There was an invisible pull. A current running between us. Maybe it was the kind of current that can only run between strangers. Shallows and depths that haven’t been touched or discovered rushed freely. Murky water. Clear crystal waves. All the seasons washed together. How were strangers supposed to know what the tides were like without wading in?

I turned to Caleb as his hand reached for my cheek. I thought his skin should be as cool as he was, but it wasn’t. It was warm, hot almost as he pressed his palm against my face. Was he nervous like I was?

I thought he was about to kiss me. I didn’t question whether it was too much too fast. I waited, wanting to know what this kiss would feel like. How did Caleb kiss? Would he take his time and memorize my lips the way I wanted him to?

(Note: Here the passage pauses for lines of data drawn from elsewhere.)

//! The engine: commits, sessions, building indexes, hidden numbers and the moment, and how they
//! change.

ghost use Rattle.std.specs.Prelude.{◌≡◌, ◌∷◌, [], codes, OnOk, IfOk};
ghost use Rattle.std.specs.Option.{option_map, ForSome};
ghost use Rattle.mr_spec.specs.Database.{replay as replay_of, with_changes as changes_done};
ghost use Rattle.mr_spec.specs.World.{fresh as fresh_of, using_table, view_of};
ghost use Rattle.mr_orders.specs.Orders.{AreAscending};
ghost use Rattle.mr_model_engine.specs.Kept.{IsKept};

use crate::numbers::set_among;
use mr_base::{Blob, Memory};
use mr_model_rows::{in_front, with_body, with_changes};
use mr_spec::{Session, SessionList, Table, TableList, Txn};
use mr_types::{Change, ChangeList, Commit, CommitBody, IndexDef};
use sqlite_items::Items;
use std::alloc::Global;
use std::mem;

/// That a table has this building index, or none.
#[derive(Drop)]
pub struct Building {
    pub table: Blob,
    pub key: Option<IndexDef>,
}

/// A table's next hidden number.
#[derive(Drop)]
pub struct NextNumber {
    pub table: Blob,
    pub number: u64,
}

/// All that statements look at and change. Of the entries of `building` and `numbers` a table's
/// first one tells. The tables are those that the commits make; there are none where memory ran out
/// while they changed. The view is what the current session's transaction sees, where it is kept.
#[derive(Drop)]
pub struct Engine {
    pub commits: Items<Commit>,
    pub tables: Option<TableList>,
    pub here: Session,
    pub others: SessionList,
    pub building: Items<Building>,
    pub numbers: Items<NextNumber>,
    pub moment: u64,
    pub view: Option<TableList>,
    pub ghost current: { IsKept tables (replay_of commits) },
    pub ghost seen: { IsKept view (view_of commits here.txn) },
}

/// A session that was just made.
pub fn fresh_session(alloc: Global, name: &[u8]) -> Result<Session, Memory>
    ensures { IfOk result (λ s. s ≡ fresh_of name.now) }
{
    Ok(Session {
        name: Blob::from_slice(alloc, name)?,
        txn: None,
    })
}

impl Engine {
    ghost use Rattle.mr_spec.specs.World.{with_txn, with_commit, with_rows as rows_kept, committed, rolled_back, keeping, entered, with_number, with_building};
    ghost use Rattle.mr_model_engine.specs.Worlds.{world_in};

    /// The current session has this transaction, or none.
    pub fn set_txn(&mut self, txn: Option<Txn>)
        ensures { world_in self.new ≡ with_txn txn (world_in self.old) }
    {
        self.view = None;
        self.here.txn = txn;
    }

    /// The tables that the commits make. Where memory ran out while they changed, there are none.
    pub fn tables(&self) -> Result<&[Table], Memory>
        ensures { IfOk result (λ all. all.now ≡ replay_of self.now.commits) }
    {
        match &self.tables {
            Some(tables) => Ok(tables.as_slice()),
            None => Err(Memory),
        }
    }

    /// A commit more, at the engine's moment, and what it makes of the tables.
    #[tactic(auto, using(crate::proofs::Current::replay_more, crate::proofs::Current::replay_ascends))]
    pub fn commit(&mut self, alloc: Global, body: CommitBody) -> Result<(), Memory>
        ensures { OnOk result (world_in self.new ≡ with_commit body (world_in self.old)) }
    {
        self.view = None;
        let Some(before) = self.tables.take() else {
            return Err(Memory);
        };
        let tables = with_body(alloc, before, &body)?;
        self.commits.push(Commit {
            moment: self.moment,
            body,
        })?;
        self.tables = Some(tables);
        Ok(())
    }

    /// A commit of these changes; no change is no commit.
    pub fn commit_rows(&mut self, alloc: Global, changes: ChangeList) -> Result<(), Memory>
        ensures { OnOk result (world_in self.new ≡ rows_kept changes (world_in self.old)) }
    {
        if changes.is_empty() {
            return Ok(());
        }
        self.commit(alloc, CommitBody::Rows(changes))
    }

    /// The current transaction, if there is one, is committed.
    pub fn commit_txn(&mut self, alloc: Global) -> Result<(), Memory>
        ensures { OnOk result (world_in self.new ≡ committed (world_in self.old)) }
    {
        self.view = None;
        match self.here.txn.take() {
            None => Ok(()),
            Some(txn) => self.commit_rows(alloc, txn.changes),
        }
    }

    /// And rolled back.
    pub fn roll_back(&mut self)
        ensures { world_in self.new ≡ rolled_back (world_in self.old) }
    {
        self.set_txn(None);
    }

    /// The changes of a statement: of the transaction, or a commit by themselves.
    pub fn keep(&mut self, alloc: Global, changes: ChangeList) -> Result<(), Memory>
        ensures { OnOk result (world_in self.new ≡ keeping changes (world_in self.old)) }
    {
        let view = self.view.take();
        match self.here.txn.take() {
            None => self.commit_rows(alloc, changes),
            Some(mut txn) => {
                let view = changed_view(alloc, view, changes.as_slice())?;
                txn.changes.append(changes)?;
                self.here.txn = Some(txn);
                self.view = view;
                Ok(())
            }
        }
    }

    /// The table's next hidden number.
    pub fn set_number(&mut self, alloc: Global, table: &[u8], number: u64) -> Result<(), Memory>
        ensures { OnOk result (world_in self.new ≡ with_number table.now number (world_in self.old)) }
    {
        set_among(alloc, &mut self.numbers, table, number)
    }

    /// The table's building index.
    pub fn set_building(
        &mut self,
        alloc: Global,
        table: &[u8],
        key: Option<IndexDef>,
    ) -> Result<(), Memory>
        ensures world { OnOk result (world_in self.new ≡ with_building table.now key (world_in self.old)) }
        ensures entry { OnOk result (self.new ≡ record self.old { building = record { table = table.now; key = key } ∷ self.old.building }) }
    {
        let table = Blob::from_slice(alloc, table)?;
        let others = mem::replace(&mut self.building, Items::new(alloc));
        self.building = in_front(alloc, Building { table, key }, others)?;
        Ok(())
    }

    /// The current session has used the table, and its snapshot is fixed.
    pub fn enter(&mut self, alloc: Global, table: &[u8]) -> Result<(), Memory>
        ensures { OnOk result (world_in self.new ≡ entered table.now (world_in self.old)) }
    {
        let commits = self.commits.len() as u64;
        let view = self.view.take();
        match self.here.txn.take() {
            None => Ok(()),
            Some(txn) => {
                self.here.txn = Some(using(alloc, table, commits, txn)?);
                self.view = view;
                Ok(())
            }
        }
    }
}

/// A view after these changes, where it is kept.
fn changed_view(
    alloc: Global,
    view: Option<TableList>,
    changes: &[Change],
) -> Result<Option<TableList>, Memory>
    requires rising { ForSome view AreAscending }
    ensures { IfOk result (λ after. after ≡ option_map (λ tables. changes_done tables changes.now) view) }
{
    match view {
        None => Ok(None),
        Some(tables) => Ok(Some(with_changes(alloc, tables, changes)?)),
    }
}

/// The transaction has used the table, and its snapshot is fixed, at the latest, at this number of
/// commits.
fn using(alloc: Global, table: &[u8], commits: u64, txn: Txn) -> Result<Txn, Memory>
    ensures { IfOk result (λ t. t ≡ using_table table.now commits txn) }
{
    let Txn {
        snapshot,
        changes,
        savepoints,
        used,
    } = txn;
    Ok(Txn {
        snapshot: Some(snapshot.unwrap_or(commits)),
        changes,
        savepoints,
        used: in_front(alloc, Blob::from_slice(alloc, table)?, used)?,
    })
}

“Your number?” he reminded me. But it was hard to move with his hand against my jaw. I wanted to stay there. Locked like that.

Right there everything was perfect. I couldn’t hurt him. He couldn’t hurt me. We could linger in that space where everything felt laced with magic and fate as if the Universe had stepped in and made our paths cross. It was the moment when regret didn’t live between us. I wanted it just a little longer. To hold it. Before I tipped. Before I fell. Before all I had left were memories.